Investigation of morphologies and structures of drug and PEG-b-PLA diblocks by dissipative particle dynamics simulations

Abstract Polymeric drug carriers have conventionally been recognized for their significance in augmenting drug stability and solubility. Poly(lactide) (PLA) and poly(ethylene glycol) (PEG) are two polymers that have received considerable attention in this context. However, a comprehensive exploration of the factors that impact the final morphology and structure of both PEG- b -PLA copolymer and drug has yet to be undertaken. In this study, we present findings from a comprehensive investigation into the self-assembly behavior of PEG- b -PLA copolymers and model drug in aqueous environments, utilizing dissipative particle dynamics simulations. Our simulations show that drug and PEG- b -PLA could self-assemble into core–shell spherical micelles.
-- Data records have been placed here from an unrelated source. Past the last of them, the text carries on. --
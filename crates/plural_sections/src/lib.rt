//! Texts of lines that have kinds of faults, and texts of sections of such lines.
//!
//! Promise: the first fault of lines and the least kind of a line are stated once, for every kind of
//! line (`specs/Faults.antt`, `specs/LineKinds.antt`), with what an error says of them
//! (`specs/Errors.antt`).
//! `next_section` cuts lines before the first that closes a section (`specs/Sections.antt`);
//! `after_header` and `nothing_after` tell what has to stand between sections (`specs/Borders.antt`).
//! `capped_numeral`, `next_numeral`, `is_within` and `word_of` read the numbers of a line (`specs/Numbers.antt`).
//!
//! Stands on `plural_bytes`, and on `plural_map` for the names of a cycle. Every reader of lines stands on it.
#![tactic(auto)]

mod border;
mod fault;
mod line_error;
mod numbers;
mod sections;

pub use border::{after_header, first_number, first_text, nothing_after};
pub use fault::Fault;
pub use line_error::{LineError, renamed};
pub use numbers::{capped_numeral, is_within, next_numeral, word_of};
pub use sections::{Section, next_section, section_of};
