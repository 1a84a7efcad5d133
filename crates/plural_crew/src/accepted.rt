//! What the checker answers.
ghost use Rattle.std.specs.Prelude.{◌≡◌};
ghost use Rattle.plural_crew.specs.Clashes.{IsAccepted};

use plural_map::Map;
use std::marker::Model;

/// Two instances that clash: instance `k` of task `t` and instance `l` of task `u` may run at the same time, and both
/// may read word `a`, which one of them may write. Tasks, instances and words are numbered from 0.
#[derive(Clone, Copy, Debug, PartialEq, Eq)]
pub struct Clash {
    /// The first task.
    pub t: u32,
    /// The instance of the first task.
    pub k: u32,
    /// The second task.
    pub u: u32,
    /// The instance of the second task.
    pub l: u32,
    /// The word that they share.
    pub a: u32,
}

/// A map without a clash.
#[derive(Drop)]
pub struct Accepted<'m> {
    map: &'m Map,
}

impl<'m> Model for Accepted<'m> {
    ghost use Rattle.plural_map.specs.Value.{MapValue};
    ghost use Rattle.plural_crew.specs.Clashes.{IsAccepted};

    ghost Value = { MapValue };

    ghost view = { λ a. a.map.now };

    ghost invariant = { λ a. IsAccepted a.map.now.tasks };
}

impl<'m> Accepted<'m> {
    /// The map as one that is accepted.
    pub(crate) fn of(map: &'m Map) -> Accepted<'m>
        requires { IsAccepted map.now.tasks }
        ensures { result ≡ map.now }
    {
        Accepted { map }
    }

    /// The map.
    pub fn map(&self) -> &'m Map
        ensures map { result.now ≡ self.now }
        ensures accepted { IsAccepted self.now.tasks }
    {
        self.map
    }
}
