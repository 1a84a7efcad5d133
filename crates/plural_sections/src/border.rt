//! What has to stand between the sections of a text, and after them.

ghost use Rattle.std.specs.Prelude.{◌≡◌, ◌<◌, ◌≤◌, length, position, MatchResult, IfOk};
ghost use Rattle.plural_bytes.specs.Lines.{has_text};
ghost use Rattle.plural_bytes.specs.Spelled.{text_lines};
ghost use Rattle.plural_sections.specs.Borders.{head_of, IsHeaded, IsMissing, AllBlank, IsLeftOver};

use crate::fault::Fault;
use crate::line_error::LineError;
use plural_bytes::{Line, is_word};

/// The number of the line that stands first, or `end` if there is none.
pub fn first_number(lines: &[Line<'_>], end: u32) -> u32
    ensures { result ≡ (head_of (text_lines lines.now) end).0 }
{
    match lines {
        [first, ..] => first.number,
        [] => end,
    }
}

/// The text of the line that stands first, or none.
pub fn first_text<'b>(lines: &[Line<'b>]) -> &'b [u8]
    ensures { result.now ≡ (head_of (text_lines lines.now) 0).1 }
{
    match lines {
        [first, ..] => first.text,
        [] => b"",
    }
}

/// The lines after a header that is due, or a fault of form of what stands in its place: its first line, or `end` if
/// there is none.
pub fn after_header<'a, 'b>(
    lines: &'a [Line<'b>],
    header: &[u8],
    end: u32,
) -> Result<&'a [Line<'b>], LineError<Fault>>
    requires { 0 < length header.now }
    ensures answer { MatchResult result (λ rest. IsHeaded header.now (text_lines lines.now) (text_lines rest.now))
        (IsMissing header.now (text_lines lines.now) end) }
    ensures few { IfOk result (λ rest. length rest.now ≤ length lines.now) }
{
    if !is_word(first_text(lines), header) {
        return Err(LineError::At {
            line: first_number(lines, end),
            kind: Fault::Form,
        });
    }
    Ok(&lines[1..])
}

fn has_text(text: &[u8]) -> bool
    ensures { result ≡ has_text text.now }
{
    text.len() > 0
}

fn find_text(lines: &[Line<'_>]) -> Option<usize>
    ensures { result ≡ position (λ l. has_text l.text.now) lines.now }
{
    lines.iter().position(|l| has_text(l.text))
}

/// Answers a fault of form of the first line that has a text.
pub fn nothing_after(lines: &[Line<'_>]) -> Result<(), LineError<Fault>>
    ensures { MatchResult result (λ _. AllBlank (text_lines lines.now)) (IsLeftOver (text_lines lines.now)) }
{
    match find_text(lines) {
        None => Ok(()),
        Some(n) => Err(LineError::At {
            line: lines[n].number,
            kind: Fault::Form,
        }),
    }
}
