//! The numbers and words of a line.

ghost use Rattle.std.specs.Prelude.{◌≡◌, ◌≤◌, true, length, take, None, Some, MatchOption};
ghost use Rattle.std.specs.List.{list_all};
ghost use Rattle.std.specs.Char.{is_ascii_digit};
ghost use Rattle.plural_bytes.specs.Lines.{tokens};
ghost use Rattle.plural_bytes.specs.Numerals.{value_of};
ghost use Rattle.plural_sections.specs.Numbers.{capped_numeral, first_numeral, is_within, word_token};

use plural_bytes::{NumberError, digits, ends_token, next_token, number, trim_start};

/// The number of a numeral, capped at 4,294,967,296, which is out of the range of each number of a
/// line; nothing if the text is no numeral.
pub fn capped_numeral(text: &[u8]) -> Option<u64>
    ensures { result ≡ capped_numeral text.now }
{
    match number(text, 4_294_967_295) {
        Ok(n) => Some(n),
        Err(NumberError::Range) => Some(4_294_967_296),
        Err(NumberError::Form) => None,
    }
}

/// How many decimal digits a text begins with, and what they spell; at most ten count.
#[derive(Clone, Copy)]
struct Digits {
    len: usize,
    value: u64,
}

#[inline(always)]
fn leading_digits(text: &[u8]) -> Digits
    ensures inside { result.len ≤ length text.now }
    ensures digits { list_all is_ascii_digit (take result.len text.now) ≡ true }
    ensures value { result.value ≡ value_of 10 (take result.len text.now) }
{
    let mut value: u64 = 0;
    for (len, c) in text.iter().enumerate() {
        if !c.is_ascii_digit() || len == 10 {
            return Digits { len, value };
        }
        value = value * 10 + u64::from(*c - b'0');
    }
    Digits {
        len: text.len(),
        value,
    }
}

/// The same as `next_numeral`, for any token.
#[cold]
#[inline(never)]
fn token_numeral(text: &[u8]) -> Option<(u64, &[u8])>
    ensures { MatchOption result (first_numeral (tokens text.now) ≡ None)
        (λ r. first_numeral (tokens text.now) ≡ Some (r.0, tokens r.1.now)) }
{
    let (token, rest) = next_token(text)?;
    let n = capped_numeral(token)?;
    Some((n, rest))
}

/// The number of the first token of a line, capped as that of `capped_numeral`, and what stands after the token;
/// nothing if there is no token or it is no numeral.
#[inline(always)]
pub fn next_numeral(text: &[u8]) -> Option<(u64, &[u8])>
    ensures { MatchOption result (first_numeral (tokens text.now) ≡ None)
        (λ r. first_numeral (tokens text.now) ≡ Some (r.0, tokens r.1.now)) }
{
    // A token of at most ten decimal digits, as most are, is read in one pass.
    let trimmed = trim_start(text);
    let digits = leading_digits(trimmed);
    let after = &trimmed[digits.len..];
    if digits.len > 0 && ends_token(after) {
        return Some((digits.value.min(4_294_967_296), after));
    }
    token_numeral(text)
}

/// Is a number from `low` to `high`?
pub fn is_within(low: u32, high: u32, n: u64) -> bool
    ensures { result ≡ is_within low high n }
{
    u64::from(low) <= n && n <= u64::from(high)
}

/// The word that a token of exactly eight hexadecimal digits of either case spells.
pub fn word_of(token: &[u8]) -> Option<u32>
    ensures { result ≡ word_token token.now }
{
    if token.len() != 8 {
        return None;
    }
    match digits(token, 16, 0xffff_ffff) {
        Ok(word) => Some(word as u32),
        Err(_) => None,
    }
}
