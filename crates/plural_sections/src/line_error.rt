//! Why lines have no value.

ghost use Rattle.std.specs.Prelude.{◌≡◌, Ok, MatchResult, IsErrAnd};
ghost use Rattle.plural_sections.specs.Errors.{IsRenamed};
ghost use Rattle.plural_sections.specs.declared.line_error.LineError.TheVariants.{Memory};

use std::alloc::{AllocError, AllocFailed};

/// Why lines have no value: the first fault of the lines, or that memory ran out. `K` has the kinds
/// of faults that a line may have.
#[derive(Clone, Copy, Debug, PartialEq, Eq, Drop)]
pub enum LineError<K> {
    /// The first line with a fault, by its number in the text from 1, and the least kind of fault that
    /// it has.
    At { line: u32, kind: K },
    /// Memory ran out.
    Memory,
}

impl<K> From<plural_base::Memory> for LineError<K> {
    ghost from_gives = { λ _ e. e ≡ Memory };

    fn from(_e: plural_base::Memory) -> LineError<K> {
        LineError::Memory
    }
}

impl<K> From<AllocError> for LineError<K> {
    ghost from_gives = { λ _ e. e ≡ Memory };

    fn from(_e: AllocError) -> LineError<K> {
        LineError::Memory
    }
}

impl<K, T: Drop> From<AllocFailed<T>> for LineError<K> {
    ghost from_gives = { λ _ e. e ≡ Memory };

    fn from(_e: AllocFailed<T>) -> LineError<K> {
        LineError::Memory
    }
}

impl<K> LineError<K> {
    /// The error with its kind under the name that it has in a whole of several sections.
    pub fn renamed<L: From<K>>(self) -> LineError<L>
        ensures { IsRenamed L.from_gives self result }
    {
        match self {
            LineError::Memory => LineError::Memory,
            LineError::At { line, kind } => LineError::At {
                line,
                kind: L::from(kind),
            },
        }
    }
}

/// The result with an error's kind under the name that it has in a whole of several sections.
pub fn renamed<V, K, L: From<K>>(given: Result<V, LineError<K>>) -> Result<V, LineError<L>>
    ensures { MatchResult result (λ v. given ≡ Ok v) (λ error. IsErrAnd given (λ e. IsRenamed L.from_gives e error)) }
{
    match given {
        Ok(value) => Ok(value),
        Err(e) => Err(e.renamed()),
    }
}
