//! The first clash of a map.
ghost use Rattle.std.specs.Prelude.{◌≡◌, ◌<◌, ◌≤◌, ℕ, true, false, List, length, IfOk, IfErr, IfSome, IfNone};
ghost use Rattle.plural_map.specs.Value.{TaskValue};
ghost use Rattle.plural_reach.specs.Tables.{IsReachOf, IsNeedsOf};
ghost use Rattle.plural_crew.specs.Clashes.{MayOverlap, IsAccepted, IsFirstClash};
ghost use Rattle.plural_crew.specs.Search.{IsLeastOf, IsLeastWith, ClashAt, NoneClash};

use crate::accepted::{Accepted, Clash};
use crate::least::some_meet;
use plural_map::Map;
use plural_reach::{Needs, Reach};
use plural_regions::Meet;

/// Whether instances of tasks `t` and `u` may run at the same time.
fn may_overlap(reach: &Reach, needs: &Needs, t: u32, u: u32) -> bool
    requires first { t < 256 }
    requires second { u < 256 }
    ensures yes { (tasks : List TaskValue) → IsReachOf reach.now tasks → IsNeedsOf needs.now tasks
        → t < length tasks → u < length tasks → result ≡ true → MayOverlap tasks t u }
    ensures no { (tasks : List TaskValue) → IsReachOf reach.now tasks → IsNeedsOf needs.now tasks
        → t < length tasks → u < length tasks → result ≡ false → MayOverlap tasks t u → ⊥ }
{
    t == u || !(reach.before(t, u) || reach.before(u, t) || needs.exclusive(t, u))
}

/// The least clash of instances of tasks `t` and `u`, of which `t` isn't the later.
fn clash_of(map: &Map, reach: &Reach, needs: &Needs, t: u32, u: u32) -> Option<Meet>
    requires reach { IsReachOf reach.now map.now.tasks }
    requires needs { IsNeedsOf needs.now map.now.tasks }
    requires ordered { t ≤ u }
    requires within { u < length map.now.tasks }
    ensures { IsLeastOf (ClashAt map.now.tasks t u) result }
{
    let tasks = map.tasks();
    if !may_overlap(reach, needs, t, u) {
        return None;
    }
    let (first, second) = (&tasks[t as usize], &tasks[u as usize]);
    some_meet(
        first.regions(),
        first.quota(),
        second.regions(),
        second.quota(),
        t == u,
    )
}

/// The first clash of an instance of task `t` with one of a task that isn't earlier.
fn first_clash_of(map: &Map, reach: &Reach, needs: &Needs, t: u32) -> Option<Clash>
    requires reach { IsReachOf reach.now map.now.tasks }
    requires needs { IsNeedsOf needs.now map.now.tasks }
    ensures task { IfSome result (λ c. c.t ≡ t) }
    ensures found { IfSome result (λ c. IsLeastWith (ClashAt map.now.tasks t c.u) c.k c.l c.a) }
    ensures first { IfSome result (λ c. (w : ℕ) → w < c.u → NoneClash map.now.tasks t w) }
    ensures none { IfNone result ((w : ℕ) → NoneClash map.now.tasks t w) }
{
    let count = map.tasks().len() as u32;
    for u in t..count {
        if let Some(Meet { k, l, a }) = clash_of(map, reach, needs, t, u) {
            return Some(Clash { t, k, u, l, a });
        }
    }
    None
}

/// The first clash of a map, if it has one.
fn first_clash(map: &Map, reach: &Reach, needs: &Needs) -> Option<Clash>
    requires reach { IsReachOf reach.now map.now.tasks }
    requires needs { IsNeedsOf needs.now map.now.tasks }
    ensures found { IfSome result (λ c. IsFirstClash map.now.tasks c.t c.k c.u c.l c.a) }
    ensures none { IfNone result (IsAccepted map.now.tasks) }
{
    let count = map.tasks().len() as u32;
    for t in 0..count {
        let found = first_clash_of(map, reach, needs, t);
        if found.is_some() {
            return found;
        }
    }
    None
}

/// The map as one that is accepted, or its first clash.
///
/// `reach` and `needs` are those of the map.
pub fn check<'m>(map: &'m Map, reach: &'m Reach, needs: &'m Needs) -> Result<Accepted<'m>, Clash>
    requires reach { IsReachOf reach.now map.now.tasks }
    requires needs { IsNeedsOf needs.now map.now.tasks }
    ensures map { IfOk result (λ accepted. accepted ≡ map.now) }
    ensures accepted { IfOk result (λ _. IsAccepted map.now.tasks) }
    ensures clash { IfErr result (λ c. IsFirstClash map.now.tasks c.t c.k c.u c.l c.a) }
{
    match first_clash(map, reach, needs) {
        None => Ok(Accepted::of(map)),
        Some(clash) => Err(clash),
    }
}
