//! Sections of lines.

ghost use Rattle.std.specs.Prelude.{◌≡◌, ◌≤◌, ◌++◌, drop, length, position, bytes_eq};
ghost use Rattle.std.specs.List.{position_or_len, after_first};
ghost use Rattle.plural_bytes.specs.Spelled.{text_lines};
ghost use Rattle.plural_sections.specs.Sections.{closes, up_to_header, section};
ghost use Rattle.plural_sections.specs.Borders.{IsClosed};

use plural_bytes::{Line, is_word};

/// The section with which lines begin.
#[derive(Clone, Copy)]
pub struct Section<'a, 'b> {
    /// Its lines.
    pub lines: &'a [Line<'b>],
    /// The lines from the one on that closes it.
    pub rest: &'a [Line<'b>],
}

/// Is a text a header, or no text at all?
fn closes(text: &[u8]) -> bool
    ensures { result ≡ closes text.now }
{
    match text {
        [] => true,
        [first, ..] => *first == b'[',
    }
}

fn find_closing(lines: &[Line<'_>]) -> Option<usize>
    ensures { result ≡ position (λ l. closes l.text.now) lines.now }
{
    lines.iter().position(|l| closes(l.text))
}

/// How many lines stand before the first that closes a section.
fn section_len(lines: &[Line<'_>]) -> usize
    ensures len { result ≡ position_or_len (λ l. closes l.text.now) lines.now }
    ensures few { result ≤ length lines.now }
{
    find_closing(lines).unwrap_or(lines.len())
}

/// Cuts lines before the first that closes a section: a header, or a line without text.
pub fn next_section<'a, 'b>(lines: &'a [Line<'b>]) -> Section<'a, 'b>
    ensures lines { text_lines result.lines.now ≡ up_to_header (text_lines lines.now) }
    ensures whole { text_lines lines.now ≡ text_lines result.lines.now ++ text_lines result.rest.now }
    ensures closed { IsClosed (text_lines result.rest.now) }
    ensures few { length result.lines.now ≤ length lines.now }
    ensures rest { length result.rest.now ≤ length lines.now }
{
    let n = section_len(lines);
    Section {
        lines: &lines[..n],
        rest: &lines[n..],
    }
}

fn find_header(lines: &[Line<'_>], header: &[u8]) -> Option<usize>
    ensures { result ≡ position (λ l. bytes_eq l.text.now header.now) lines.now }
{
    lines.iter().position(|l| is_word(l.text, header))
}

/// Where the lines after the first that is this header begin, at the end if none is.
fn section_start(lines: &[Line<'_>], header: &[u8]) -> usize
    ensures start { drop result lines.now ≡ after_first (λ l. bytes_eq l.text.now header.now) lines.now }
    ensures few { result ≤ length lines.now }
{
    match find_header(lines, header) {
        Some(n) => n + 1,
        None => lines.len(),
    }
}

/// The lines after the first that is this header, up to the next header; none if no line is this header.
pub fn section_of<'a, 'b>(lines: &'a [Line<'b>], header: &[u8]) -> &'a [Line<'b>]
    ensures section { text_lines result.now ≡ section header.now (text_lines lines.now) }
    ensures few { length result.now ≤ length lines.now }
{
    let start = section_start(lines, header);
    next_section(&lines[start..]).lines
}
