ghost use Rattle.std.specs.Prelude.{◌≡◌, ◌<◌, ◌↔◌, ◌++◌, [], ◌∷◌, IsTrue, drop, length, slice_get};
ghost use Rattle.like_core.specs.declared.view.WorkerSeatView.{WorkerSeatView};
ghost use Rattle.like_seat.specs.Kept.{IsKept};

use crate::tables::Tables;
use like_tables::Counts;

impl<W: Copy, C: Counts> Tables<W, C> {
    /// Stashes one until the next joined phase, behind all others that wait.
    pub fn stash(&mut self, look: W)
        requires { length self.old.stash.looks < self.old.stash.capacity }
        ensures holds { self.new ≡ record self.old {
          stash = record self.old.stash { looks = self.old.stash.looks ++ look ∷ [] };
        } }
        ensures kept { (post : WorkerSeatView) → IsKept post self.old → IsKept post self.new }
    {
        self.stash.push(look);
    }

    /// Takes out the first that waits, if one does.
    #[inline(always)]
    pub fn next_stashed(&mut self) -> Option<W>
        ensures first { result ≡ slice_get self.old.stash.looks 0 }
        ensures rest { self.new ≡ record self.old {
          stash = record self.old.stash { looks = drop 1 self.old.stash.looks };
        } }
        ensures kept { (post : WorkerSeatView) → IsKept post self.old → IsKept post self.new }
    {
        self.stash.pop_front()
    }

    /// Whether as many wait as there is room for.
    pub fn is_full(&self) -> bool
        ensures { IsTrue result ↔ (length self.now.stash.looks ≡ self.now.stash.capacity) }
    {
        self.stash.is_full()
    }
}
The spherical micelles are comprised of the drug hydrophobic core, the PLA hydrophobic middle layer, and the PEG hydrophilic shell. As the PEG 5 - b -PLA 10 concentration increases, the drug-loaded PEG- b -PLA system undergoes a structural evolution from spherical micelles to cylindrical micelles, ultimately forming perforated layered structures. Additionally, their self-assembly morphologies can also be regulated by the PEG-b-PLA copolymer compositions. Specifically, and PEG 5 - b -PLA 10 , PEG 5 - b -PLA 15 , PEG 5 - b -PLA 20 copolymers demonstrate the ability to form well-organized core–shell configurations. PEG 5 - b -PLA 10 exhibits a drug load of 0.08, which is better suited for drug loading, in comparison with the PEG 5 - b -PLA 15 and PEG 5 - b -PLA 20 systems. For PEG 5 - b -PLA 10 system, the simulation results show that the suitable concentration of PEG 5 - b -PLA 10 copolymer is 10%–15%. The higher molecular weight copolymer exhibits slower drug release kinetics under shear flow. These simulation results offer novel insights into the self-assembly process of drug and PEG- b -PLA diblocks, elucidating the underlying physical mechanisms at the molecular level.